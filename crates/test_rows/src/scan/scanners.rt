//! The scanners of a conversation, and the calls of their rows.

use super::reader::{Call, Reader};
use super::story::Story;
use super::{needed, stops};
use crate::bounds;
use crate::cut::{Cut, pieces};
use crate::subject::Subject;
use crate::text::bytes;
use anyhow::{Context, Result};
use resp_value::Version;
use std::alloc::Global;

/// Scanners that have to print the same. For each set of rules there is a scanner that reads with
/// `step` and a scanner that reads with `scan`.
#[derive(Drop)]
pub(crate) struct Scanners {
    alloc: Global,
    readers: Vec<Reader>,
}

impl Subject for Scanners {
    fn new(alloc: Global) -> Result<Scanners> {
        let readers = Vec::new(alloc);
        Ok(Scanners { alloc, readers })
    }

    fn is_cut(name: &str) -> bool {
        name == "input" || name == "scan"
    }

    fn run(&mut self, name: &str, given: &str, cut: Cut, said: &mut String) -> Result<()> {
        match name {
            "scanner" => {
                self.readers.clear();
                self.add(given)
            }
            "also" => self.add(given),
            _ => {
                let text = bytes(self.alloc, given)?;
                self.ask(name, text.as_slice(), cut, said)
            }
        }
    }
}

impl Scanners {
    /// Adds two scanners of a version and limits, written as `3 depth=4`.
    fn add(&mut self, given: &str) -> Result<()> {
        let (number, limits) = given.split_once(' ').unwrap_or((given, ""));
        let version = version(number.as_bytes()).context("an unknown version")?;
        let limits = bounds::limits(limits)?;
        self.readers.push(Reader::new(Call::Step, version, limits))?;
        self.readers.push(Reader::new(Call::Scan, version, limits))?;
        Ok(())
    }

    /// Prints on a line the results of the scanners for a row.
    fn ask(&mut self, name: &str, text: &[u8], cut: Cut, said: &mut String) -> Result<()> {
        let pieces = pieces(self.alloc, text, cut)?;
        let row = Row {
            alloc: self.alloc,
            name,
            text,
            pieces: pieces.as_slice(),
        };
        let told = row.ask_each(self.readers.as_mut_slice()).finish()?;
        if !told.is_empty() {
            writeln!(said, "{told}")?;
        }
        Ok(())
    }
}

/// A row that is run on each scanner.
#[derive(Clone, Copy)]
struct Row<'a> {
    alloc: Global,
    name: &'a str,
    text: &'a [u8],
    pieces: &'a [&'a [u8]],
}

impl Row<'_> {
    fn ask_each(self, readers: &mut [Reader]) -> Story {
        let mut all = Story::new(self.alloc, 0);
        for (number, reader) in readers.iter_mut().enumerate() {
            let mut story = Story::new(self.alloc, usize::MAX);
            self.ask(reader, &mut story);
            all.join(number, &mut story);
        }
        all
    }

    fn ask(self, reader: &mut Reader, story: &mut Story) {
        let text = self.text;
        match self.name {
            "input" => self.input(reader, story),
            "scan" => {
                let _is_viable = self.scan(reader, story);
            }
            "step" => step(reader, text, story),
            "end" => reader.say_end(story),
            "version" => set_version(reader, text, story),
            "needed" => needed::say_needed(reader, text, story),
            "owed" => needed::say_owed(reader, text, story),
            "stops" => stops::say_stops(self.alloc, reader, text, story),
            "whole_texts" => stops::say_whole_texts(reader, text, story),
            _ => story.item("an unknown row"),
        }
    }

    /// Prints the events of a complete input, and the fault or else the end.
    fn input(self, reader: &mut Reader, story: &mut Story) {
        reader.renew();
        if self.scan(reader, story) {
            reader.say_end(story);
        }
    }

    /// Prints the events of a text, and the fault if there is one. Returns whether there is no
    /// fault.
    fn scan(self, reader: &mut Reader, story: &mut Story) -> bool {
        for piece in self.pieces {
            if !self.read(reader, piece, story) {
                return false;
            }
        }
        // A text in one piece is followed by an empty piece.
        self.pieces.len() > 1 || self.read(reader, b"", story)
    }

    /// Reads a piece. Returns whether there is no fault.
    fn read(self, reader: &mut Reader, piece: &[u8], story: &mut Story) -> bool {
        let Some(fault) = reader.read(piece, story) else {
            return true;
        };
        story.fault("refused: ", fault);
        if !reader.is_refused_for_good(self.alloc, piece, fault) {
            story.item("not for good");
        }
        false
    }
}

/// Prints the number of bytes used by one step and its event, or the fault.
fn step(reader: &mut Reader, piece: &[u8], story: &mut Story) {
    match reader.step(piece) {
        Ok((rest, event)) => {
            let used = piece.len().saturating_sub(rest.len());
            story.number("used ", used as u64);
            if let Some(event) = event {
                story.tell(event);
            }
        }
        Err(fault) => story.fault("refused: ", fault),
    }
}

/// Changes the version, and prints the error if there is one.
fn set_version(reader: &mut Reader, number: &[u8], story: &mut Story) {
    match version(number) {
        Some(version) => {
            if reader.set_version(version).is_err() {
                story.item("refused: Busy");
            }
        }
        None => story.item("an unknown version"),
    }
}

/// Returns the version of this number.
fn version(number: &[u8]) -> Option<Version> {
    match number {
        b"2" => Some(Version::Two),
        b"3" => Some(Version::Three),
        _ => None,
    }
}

...

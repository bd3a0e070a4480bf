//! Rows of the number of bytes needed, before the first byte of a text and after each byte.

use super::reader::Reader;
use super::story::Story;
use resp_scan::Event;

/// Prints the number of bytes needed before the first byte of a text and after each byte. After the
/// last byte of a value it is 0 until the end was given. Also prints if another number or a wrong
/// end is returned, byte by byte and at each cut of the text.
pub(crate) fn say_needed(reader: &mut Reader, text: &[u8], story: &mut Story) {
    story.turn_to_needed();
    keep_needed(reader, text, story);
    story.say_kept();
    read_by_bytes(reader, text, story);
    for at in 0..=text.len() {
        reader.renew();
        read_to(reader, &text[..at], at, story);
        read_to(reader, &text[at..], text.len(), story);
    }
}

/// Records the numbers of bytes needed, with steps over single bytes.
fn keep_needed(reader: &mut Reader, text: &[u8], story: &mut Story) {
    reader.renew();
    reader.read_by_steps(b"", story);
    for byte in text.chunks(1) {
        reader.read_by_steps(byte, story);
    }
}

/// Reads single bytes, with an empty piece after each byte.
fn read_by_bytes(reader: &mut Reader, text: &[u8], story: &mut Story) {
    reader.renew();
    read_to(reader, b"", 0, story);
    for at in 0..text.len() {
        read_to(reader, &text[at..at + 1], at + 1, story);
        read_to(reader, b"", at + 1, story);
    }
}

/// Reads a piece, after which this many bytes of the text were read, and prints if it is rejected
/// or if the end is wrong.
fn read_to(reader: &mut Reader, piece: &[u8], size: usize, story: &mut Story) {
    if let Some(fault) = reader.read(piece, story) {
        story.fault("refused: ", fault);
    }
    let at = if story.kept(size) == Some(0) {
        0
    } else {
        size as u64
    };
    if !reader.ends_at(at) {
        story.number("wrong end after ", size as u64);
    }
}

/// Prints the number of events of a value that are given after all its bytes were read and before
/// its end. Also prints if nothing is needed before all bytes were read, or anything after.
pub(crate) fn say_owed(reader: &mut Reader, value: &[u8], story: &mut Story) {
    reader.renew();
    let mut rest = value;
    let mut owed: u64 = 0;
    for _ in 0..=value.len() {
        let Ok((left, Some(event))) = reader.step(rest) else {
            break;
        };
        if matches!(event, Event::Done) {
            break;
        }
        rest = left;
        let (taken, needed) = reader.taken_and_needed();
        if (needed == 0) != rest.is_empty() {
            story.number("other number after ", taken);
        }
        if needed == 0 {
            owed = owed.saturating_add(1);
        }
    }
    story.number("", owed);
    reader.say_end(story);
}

● WHAT THIS TASK INVOLVES
Looking over the records, find each line with the word "there" and copy it.

● REPLY
/// Scanners that have to print the same. For each set of rules there is a scanner that reads with
    /// Prints the events of a text, and the fault if there is one. Returns whether there is no
    /// Reads a piece. Returns whether there is no fault.
/// Changes the version, and prints the error if there is one.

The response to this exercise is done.